Contents
For a more detailed write-up, please check out this post.
Why do we this type of tree
You might be saying, we already have binary trees, B-trees, Red Black trees. What is so special about this tree?
Suppose you keep files stored on a 3rd party system or on some server. Whenever you download one of these files, you’d like to be sure that it is the exact same as the file you uploaded. Now you might be thinking, why not keep the file on you local computer and do just do a comparison when you download the file. The issue with this approach is that it defeats the purpose of having to store the file elsewhere if you always have it stored locally as well…
Now you might be wondering, well if we can’t store a copy of the file locally, why don’t we simple store a SHA hash of the file and then compare the SHA hash of the downloaded file. This is a far better approach, however, if we have millions and millons of files that can be updated. We will be foreced to maintain millions and millons of hashes. Yikes, not fun.
What if I tell you its possible to just store 1 hash. Yup, just one hash for verifying millions and millions of files. So lets learn about Merkle Tree!
Lets discuss hash functions
Have you heard of SHA-256, MD5, SHA1, … They are all hash functions. What do
they do? Well, they take some input X and map it to an irreversible and
uniformly distributed hash h. Where the hash is simply a fixed size of random
numbers and letters. For example:
H("Hello World") = B94D27B9934D3E08A52E52D7DA7DABFAC484EFE37A5380EE9088F7ACE2EFCD7A
Lets create a tree from hashes
Suppose you had n files and you used the data in those files to generate
n hashes.
_________ _________ _________ _________
| Hash 1 | | Hash 2 | | Hash 3 | ... | Hash n |
|_________| |_________| |_________| |_________|
Now suppose we joined adjacent hashes together into one string and then regenerated the hash. This would result in half as many hashes in the second layer. Then suppose you did this until you were left with one hash. As you can image this would result in a tree like data structure:
_________ _________ _________ _________
| File 1 | | File 2 | | File 3 | ... | File n |
|_________| |_________| |_________| |_________|
| | | |
v v v v
_________ _________ _________ _________
| Hash 1 | | Hash 2 | | Hash 3 | ... | Hash n |
|_________| |_________| |_________| |_________|
| | | |
|_______________| |________________|
| |
v v
__________ __________
| Hash 1-2 | | Hash 3-4 | ...
|__________| |__________|
| |
|______________________________|
|
v
__________
| Hash 1-4 | ...
|__________|
|
|
v
......
|
|
v
_________
| Final |
| Hash |
|_________|
Congrats! That is a upside down merkle tree. The nice thing about having a merkle tree is that locally, you only need to store the final hash and not the individual n hashes.
How can we prove that a file is unchanged
Now that you know of a Merkle Tree, let us discuss how we can be sure the file you retrieved from a web server remains unchanged.

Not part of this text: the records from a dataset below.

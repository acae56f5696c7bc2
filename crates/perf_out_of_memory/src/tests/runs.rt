//! Runs over a buffered reader, whose records are read in place.
//!
//! The first request for memory of each test is the reader's, and the next ones are the run's.

use crate::tests::page::Page;
use perf_event_data::endian::Little;
use perf_event_data::parse::{ErrorKind, ParseConfig, ParseResult, Parser};
use perf_event_data::sys::{perf_event_attr, perf_event_header};
use perf_event_data::{Record, RunEnd, read_records};
use perf_lines::outcome::Outcome;
use perf_run::{line_of, run};
use perf_test_helpers::drops::drop_run;
use std::alloc::Global;
use std::io::BufReader;
use std::process::Abort;

// Whether a request for memory is granted, and whether the next one is.
fn are_granted(alloc: Global) -> (bool, bool) {
    let first = Vec::from_slice(alloc, &[0u8]).is_ok();
    (first, Vec::from_slice(alloc, &[0u8]).is_ok())
}

// The line of a frame, tried again if memory runs out: one request is refused, and no further one.
fn line_at_last(
    alloc: Global,
    index: usize,
    header: &perf_event_header,
    answer: &ParseResult<Record<'_>>,
) -> ParseResult<String> {
    match line_of(alloc, index, header, answer) {
        Ok(line) => Ok(line),
        Err(_) => line_of(alloc, index, header, answer),
    }
}

// A header, and the record or why there is none.
type Answer<'p> = (perf_event_header, ParseResult<Record<'p>>);

// Whether what is listed is a prefix of these lines.
fn are_first(alloc: Global, frames: &[Answer<'_>], lines: &[&str]) -> bool {
    for (index, ((header, answer), want)) in frames.iter().zip(lines).enumerate() {
        match line_at_last(alloc, index, header, answer) {
            Ok(line) if line.as_str() == *want => {}
            _ => return false,
        }
    }
    frames.len() <= lines.len()
}

// How a run ended.
fn ending(end: &RunEnd) -> &'static str {
    match end {
        RunEnd::Limit => "limit",
        RunEnd::Done => "done",
        RunEnd::CutHeader => "cut",
        RunEnd::Fault(error) if error.kind() == ErrorKind::OutOfMemory => "out of memory",
        RunEnd::Fault(_) => "fault",
    }
}

// Bytes, the sample type that they are read under, and the limit of a run over them.
type Input<'a> = (&'a [u8], u64, usize);

// What a run over a reader lists: how many frames, whether they are the first of these lines, how it ended, and
// whether the next two requests are granted, which shows how many requests the run made. None without a
// reader.
fn listed(
    alloc: Global,
    input: Input<'_>,
    lines: &[&str],
) -> Option<(usize, bool, &'static str, (bool, bool))> {
    let (bytes, sample_type, limit) = input;
    let reader = BufReader::with_capacity(alloc, 8192, bytes).ok()?;
    let attr = perf_event_attr {
        sample_type,
        ..Default::default()
    };
    let mut parser = Parser::new(alloc, reader, ParseConfig::<Little>::from(attr));
    let run = read_records(&mut parser, limit);
    let grants = are_granted(alloc);
    let (count, end) = (run.frames.len(), ending(&run.end));
    let are_first = are_first(alloc, &run.frames, lines);
    drop_run(run);
    drop(parser);
    Some((count, are_first, end, grants))
}

// What a run is over, and its lines and its end, if it has memory.
type Row<'a> = (&'a str, Input<'a>, &'a [&'a str], &'a str);

// Asserts that runs list frames with these lines and end so, or, if memory runs out, that they list the first of
// them. Prints which it is, and what is granted then.
fn check_runs(rt: &(impl AllocGlobal + Print + Abort), rows: &[Row<'_>]) {
    for (name, input, lines, last) in rows {
        let Some((count, are_first, end, (first, second))) = listed(rt.alloc(), *input, *lines)
        else {
            continue;
        };
        let _ = println!(rt; "{name}: {count} listed, {end}, then [{first}, {second}]");
        assert!(rt; are_first, "{name}: other lines");
        assert!(rt; is_end(count, end, lines.len(), *last), "{name}: {end}");
    }
}

// Whether a run may end so, whose whole list has these counts and ends.
fn is_end(count: usize, end: &str, whole: usize, last: &str) -> bool {
    end == "out of memory" || count == whole && end == last
}

// The sample types of call chains alone, and of them and raw bytes.
const CHAINS: u64 = 0x20;

const CHAINS_AND_RAW: u64 = 0x420;

// The line of a sample that is refused.
const REFUSED: &[&str] = &["0 9 0 24 refused Eof"];

// The tests with refused allocations try each row alone.
const RUNS: [Row<'static>; 6] = [
    ("nothing", (b"", 0, 10), &[], "done"),
    ("half a header", (b"\x0D\0\0\0", 0, 10), &[], "cut"),
    (
        "no frame",
        (b"\x0D\0\0\0\0\0\x10\0\x05\0\0\0\0\0\0\0", 0, 0),
        &[],
        "limit",
    ),
    // Lost samples, and then a sample with a call chain.
    (
        "a call chain",
        (
            b"\x0D\0\0\0\0\0\x10\0\x05\0\0\0\0\0\0\0\
            \x09\0\0\0\0\0\x20\0\x02\0\0\0\0\0\0\0\x01\0\0\0\0\0\0\0\x02\0\0\0\0\0\0\0",
            CHAINS,
            10,
        ),
        &[
            "0 13 0 16 LostSamples lost=5",
            "1 9 0 32 Sample callchain=1,2",
        ],
        "done",
    ),
    // A call chain that claims four numbers and contains one. The sample is refused for that, even if
    // the allocation of its box fails.
    (
        "a short chain",
        (
            b"\x09\0\0\0\0\0\x18\0\x04\0\0\0\0\0\0\0\x01\0\0\0\0\0\0\0",
            CHAINS,
            10,
        ),
        REFUSED,
        "done",
    ),
    // A call chain without the raw bytes that should follow. The sample is refused for that, even if
    // the allocation of its box fails, but if that of the chain's list fails, out of memory comes
    // first.
    (
        "a chain alone",
        (
            b"\x09\0\0\0\0\0\x18\0\x01\0\0\0\0\0\0\0\x07\0\0\0\0\0\0\0",
            CHAINS_AND_RAW,
            10,
        ),
        REFUSED,
        "done",
    ),
];

#[test]
fn runs_over_a_reader(rt: HostRuntime) {
    check_runs(&rt, &RUNS);
}

// ---- the text of a run

// Whether this is the text of a run with a limit of no frames. Its first request is the reader's, and
// the next ones are the text's.
fn is_text(text: &[u8], outcome: Outcome) -> bool {
    match outcome {
        Outcome::Clean => text == b"end limit\n".as_slice(),
        Outcome::Faulted => text == b"end fault OutOfMemory\n".as_slice(),
        Outcome::Stopped => text.is_empty(),
        Outcome::Refused | Outcome::BadAttr => false,
    }
}

#[test]
fn the_text_of_a_run_without_a_reader(rt: HostRuntime) {
    let mut page = Page::new();
    let empty: &[u8] = &[];
    let outcome = run(rt.alloc(), empty, &mut page, Little, 0, false, 8192);
    let text = page.text();
    let _ = println!(rt; "a text: {outcome:?}, {} bytes", text.len());
    assert!(rt; is_text(text, outcome), "{outcome:?}");
}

Lets assume we are running a file hosting service, and we are asked to store n files. We could generate a merkle tree and find the root hash. Then we can give this root hash to the verifier to store safely. Then the next time the verifier requests a file, we can respond with the following:
- The requested file
- $log_2(n)$ hashes
This will provide the verifier enough information to recompute the root hash and verify that the root hash is equal to the hash they stored locally when they originally stored the n files.

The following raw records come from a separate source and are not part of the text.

// A sample type, and a sample whose list claims more than it has.
const LYING: [(u64, &[u8]); 7] = [
    // CALLCHAIN
    (
        0x20,
        b"\x09\0\0\0\0\0\x18\0\0\0\0\x10\0\0\0\0\x01\0\0\0\0\0\0\0",
    ),
    // BRANCH_STACK
    (
        0x800,
        b"\x09\0\0\0\0\0\x28\0\0\0\0\x10\0\0\0\0\x01\0\0\0\0\0\0\0\x02\0\0\0\0\0\0\0\x03\0\0\0\0\0\0\0",
    ),
    // READ, of groups
    (
        0x10,
        b"\x09\0\0\0\0\0\x18\0\0\0\0\x10\0\0\0\0\x01\0\0\0\0\0\0\0",
    ),
    // REGS_USER
    (
        0x1000,
        b"\x09\0\0\0\0\0\x18\0\x02\0\0\0\0\0\0\0\x01\0\0\0\0\0\0\0",
    ),
    // STACK_USER
    (
        0x2000,
        b"\x09\0\0\0\0\0\x18\0\0\0\0\x10\0\0\0\0\x01\0\0\0\0\0\0\0",
    ),
    // AUX
    (
        0x10_0000,
        b"\x09\0\0\0\0\0\x18\0\0\0\0\x10\0\0\0\0\x01\0\0\0\0\0\0\0",
    ),
    // RAW
    (0x400, b"\x09\0\0\0\0\0\x10\0\0\0\0\x10\x01\0\0\0"),
];

// NAMESPACES that claims 2^28 of them.
const LYING_NAMESPACES: &[u8] =
    b"\x10\0\0\0\0\0\x28\0\x01\0\0\0\x02\0\0\0\0\0\0\x10\0\0\0\0\x04\0\0\0\0\0\0\0\x15\0\0\0\0\0\0\0";

// Which of these samples are refused for their bytes.
fn refused_samples(alloc: Global, call: Call) -> u64 {
    let (mut refused, mut bit) = (0u64, 1u64);
    for (sample_type, bytes) in &LYING {
        let attr = perf_event_attr {
            sample_regs_user: 0xFF,
            ..attr_of(*sample_type)
        };
        if tally_of(alloc, *bytes, attr, call) == [0, 1, 0, 0] {
            refused |= bit;
        }
        bit = bit.rotate_left(1);
    }
    refused
}

// The same, and whether those namespaces are.
fn refused_of(alloc: Global, call: Call) -> Found {
    let of_records = match call {
        Call::SampleInto => Call::Record,
        other => other,
    };
    let [_, namespaces, ..] = tally_of(alloc, LYING_NAMESPACES, attr_of(RAW), of_records);
    [refused_samples(alloc, call), namespaces, 0, 0]
}

// Why a claim of 2^28 numbers, over eight bytes, is refused: 1 for too few bytes, 2 for out of memory, or
// else 0.
fn lying_parser(alloc: Global) -> Found {
    let config = ParseConfig::<Little>::default();
    let mut parser = Parser::new(alloc, b"\x01\0\0\0\x02\0\0\0".as_slice(), config);
    match parser.parse_repeated::<u64>(1 << 28) {
        Err(error) if error.kind() == ErrorKind::Eof => [1, 0, 0, 0],
        Err(error) if error.kind() == ErrorKind::OutOfMemory => [2, 0, 0, 0],
        _ => [0; 4],
    }
}

// ---- single numbers, runs and flat frames

// The single numbers of a frame, with what its metadata has.
fn numbers_in(
    alloc: Global,
    config: &ParseConfig<Little>,
    frame: &Frame<'_, '_>,
) -> [Option<u64>; 4] {
    let time = match frame.metadata(alloc, config) {
        Ok(metadata) => metadata.sample_id().time(),
        Err(_) => None,
    };
    [
        frame.time(config),
        frame.id(config),
        frame.identifier(&Little),
        time,
    ]
}

// The task and the processor of a frame.
fn task_in(config: &ParseConfig<Little>, frame: &Frame<'_, '_>) -> [Option<u32>; 3] {
    [frame.pid(config), frame.tid(config), frame.cpu(config)]
}

// The sum of all of these.
fn sum_in(alloc: Global, config: &ParseConfig<Little>, frame: &Frame<'_, '_>) -> u64 {
    let mut sum = 0u64;
    for number in &numbers_in(alloc, config, frame) {
        sum = sum.wrapping_add(number.unwrap_or(0));
    }
    for number in &task_in(config, frame) {
        sum = sum.wrapping_add(u64::from(number.unwrap_or(0)));
    }
    sum
}

// The sum of the single numbers of the frames of RECORDS. The COMM ends with `sh` and zero bytes, which are its
// time, 26739, and what stands where an identifier would be; so does LOST_SAMPLES with 5.
fn numbers_of(alloc: Global) -> u64 {
    let config = ParseConfig::<Little>::from(perf_event_attr {
        sample_type: 0x4,
        flags: 1 << 18,
        ..Default::default()
    });
    let mut sum = 0u64;
    for frame in frames(RECORDS, Little) {
        if let Ok(frame) = frame {
            sum = sum.wrapping_add(sum_in(alloc, &config, &frame));
        }
    }
    sum
}

// Adds the sizes of the frames that are handed out.
#[derive(Drop)]
struct Sizes {
    sum: u64,
}

impl<'p, E: Endian> FrameHandler<'p, E> for Sizes {
    ghost gets = { λ _ _ _ _ _ _. ⊤ };

    fn frame(&mut self, _config: &ParseConfig<E>, frame: Result<Frame<'_, 'p>, BadFrame>) -> bool {
        let size = match frame {
            Ok(frame) => frame.rest().len() as u64,
            Err(bad) => u64::from(bad.header().size),
        };
        self.sum = self.sum.wrapping_add(size);
        true
    }
}

// The sum of what follows the headers of all frames of a buffer.
fn sizes_of<'p, B: ParseBuf<'p> + Drop>(alloc: Global, buf: B) -> u64 {
    let mut parser = Parser::new(alloc, buf, ParseConfig::<Little>::default());
    let mut sizes = Sizes { sum: 0 };
    each_frame(&mut parser, 100, &mut sizes);
    drop(parser);
    sizes.sum
}

// The same of a slice, and of pieces of which one lasts.
fn sizes_of_pieces(alloc: Global) -> Found {
    [
        sizes_of(alloc, RECORDS),
        sizes_of(alloc, PieceBuf::new(RECORDS, 64, true)),
        sizes_of(alloc, PieceBuf::new(RECORDS, 64, false)),
        0,
    ]
}

// The same of a reader.
fn sizes_of_reader(alloc: Global) -> u64 {
    match BufReader::with_capacity(alloc, 64, RECORDS) {
        Ok(reader) => sizes_of(alloc, reader),
        Err(_) => 0,
    }
}

// How many records a run lists.
fn listed<'p, B: ParseBuf<'p> + Drop>(alloc: Global, buf: B) -> u64 {
    let mut parser = Parser::new(alloc, buf, ParseConfig::<Little>::default());
    let run = read_records(&mut parser, 100);
    let count = run.frames.len() as u64;
    drop_run(run);
    drop(parser);
    count
}

// The same of a reader: LOST_SAMPLES and SWITCH, as the name in a COMM is copied.
fn listed_of_reader(alloc: Global) -> u64 {
    match BufReader::with_capacity(alloc, 64, &RECORDS[24..]) {
        Ok(reader) => listed(alloc, reader),
        Err(_) => 0,
    }
}

// The address in a flat frame.
fn address_of(frame: &FlatFrame) -> u64 {
    frame.numbers[0]
}

// The addresses of the samples with chains by a call that makes several flat frames, if there are two.
fn many_addresses(alloc: Global, config: &ParseConfig<Little>, frame: FlatFrame) -> Option<u64> {
    let mut frames = [frame; 3];
    let many = read_many(alloc, config, CHAINS, &mut frames);
    match many.count {
        2 => Some(address_of(&frames[0]).wrapping_add(address_of(&frames[1]))),
        _ => None,
    }
}

// That of the second one in the place of a frame.
fn second_address(config: &ParseConfig<Little>, frame: FlatFrame) -> Option<u64> {
    let mut frame = frame;
    if read_into(config, &CHAINS[40..], &mut frame) {
        Some(address_of(&frame))
    } else {
        None
    }
}

// That of the first one in two pieces.
fn split_address(alloc: Global, config: &ParseConfig<Little>, frame: FlatFrame) -> Option<u64> {
    let (mut frame, mut scratch) = (frame, [0; 64]);
    let (first, second) = CHAINS.split_at(20);
    let end = read_split(alloc, config, first, second, &mut scratch, &mut frame);
    match end.how {
        0 => Some(address_of(&frame)),
        _ => None,
    }
}

// The sum of the first number of each flat frame, by each call that makes one, and of the identifier.
fn flat_sum(alloc: Global) -> u64 {
    let config = ParseConfig::<Little>::from(attr_of(CHAIN));
    let Some(frame) = read(alloc, &config, CHAINS) else {
        return 0;
    };
    let found = [
        Some(address_of(&frame)),
        many_addresses(alloc, &config, frame),
        second_address(&config, frame),
        split_address(alloc, &config, frame),
        identifier(CHAINS, &Little, false),
    ];
    let mut sum = 0u64;
    for number in &found {
        match number {
            Some(number) => sum = sum.wrapping_add(*number),
            None => return 0,
        }
    }
    sum
}

// ---- the table

// What is called.
#[derive(Copy, Clone)]
enum Called {
    Over(&'static [u8], u64, Call),
    LyingLists(Call),
    LyingParser,
    Numbers,
    HandedOut,
    HandedOutOfReader,
    Listed,
    ListedOfPieces,
    ListedOfReader,
    Flat,
}

// What calls return.
fn found_by(alloc: Global, calls: Called) -> Found {
    let number = match calls {
        Called::Over(bytes, sample_type, call) => {
            return tally_of(alloc, bytes, attr_of(sample_type), call);
        }
        Called::LyingLists(call) => return refused_of(alloc, call),
        Called::LyingParser => return lying_parser(alloc),
        Called::HandedOut => return sizes_of_pieces(alloc),
        Called::Numbers => numbers_of(alloc),
        Called::HandedOutOfReader => sizes_of_reader(alloc),
        Called::Listed => listed(alloc, RECORDS),
        Called::ListedOfPieces => listed(alloc, PieceBuf::new(RECORDS, 64, true)),
        Called::ListedOfReader => listed_of_reader(alloc),
        Called::Flat => flat_sum(alloc),
    };
    [number, 0, 0, 0]
}

// What is called, and what it returns, or may return after a refused request.
type Row<'a> = (&'a str, Called, &'a [Found]);

const TABLE: [Row<'static>; 18] = [
    (
        "samples without a list, into a place",
        Called::Over(PLAIN, RAW, Call::SampleInto),
        &[[3, 0, 0, 3]],
    ),
    (
        "visits without a list",
        Called::Over(PLAIN, RAW, Call::Visit),
        &[[3, 0, 0, 3]],
    ),
    (
        "samples with a list, into a place",
        Called::Over(CHAINS, CHAIN, Call::SampleInto),
        &OF_CHAINS,
    ),
    (
        "samples with growing lists, into a place",
        Called::Over(GROWING, CHAIN, Call::SampleInto),
        &OF_GROWING,
    ),
    (
        "samples with each list, into a place",
        Called::Over(LISTS, EACH_LIST, Call::SampleInto),
        &OF_LISTS,
    ),
    (
        "visits with a list",
        Called::Over(CHAINS, CHAIN, Call::Visit),
        &OF_CHAINS,
    ),
    (
        "records with a box and a list",
        Called::Over(CHAINS, CHAIN, Call::Record),
        &OF_CHAINS,
    ),
    (
        "records without a list",
        Called::Over(RECORDS, RAW, Call::Record),
        &[[7, 0, 0, 0]],
    ),
    (
        "lying lists, into a place",
        Called::LyingLists(Call::SampleInto),
        &[[127, 1, 0, 0]],
    ),
    (
        "visits of lying lists",
        Called::LyingLists(Call::Visit),
        &[[127, 1, 0, 0]],
    ),
    (
        "a lying list of a parser",
        Called::LyingParser,
        &[[1, 0, 0, 0], [2, 0, 0, 0]],
    ),
    (
        "single numbers",
        Called::Numbers,
        &[[3 * (26739 + 5), 0, 0, 0]],
    ),
    (
        "frames that are handed out",
        Called::HandedOut,
        &[[24, 24, 24, 0]],
    ),
    (
        "frames of a reader",
        Called::HandedOutOfReader,
        &[[24, 0, 0, 0], [0; 4]],
    ),
    ("a list of records", Called::Listed, &[[3, 0, 0, 0]]),
    (
        "a list of records of pieces",
        Called::ListedOfPieces,
        &[[3, 0, 0, 0]],
    ),
    (
        "a list of records of a reader",
        Called::ListedOfReader,
        &[[2, 0, 0, 0], [0; 4]],
    ),
    (
        "flat frames",
        Called::Flat,
        &[[1 + (1 + 1 + 2 + 2 + 1), 0, 0, 0]],
    ),
];

fn tell_rows(rt: &(impl AllocGlobal + Print + Abort), rows: &[Row<'_>]) {
    for (name, calls, wanted) in rows {
        tell(rt, *name, found_by(rt.alloc(), *calls), *wanted);
    }
}

#[test]
fn requests_of_calls(rt: HostRuntime) {
    tell_rows(&rt, &TABLE);
}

Why can’t the server lie to us
You might be wondering what if the server lies to us with the $log_2(n)$ hashes?
Well given the randomness of hash functions it is virtually impossible to modify a requested file and then design $log_2(n)$ hashes to trick the verifier. This goes back to the two properties of hash functions, irreversibility and uniformly random. If you don’t believe me, try to do it!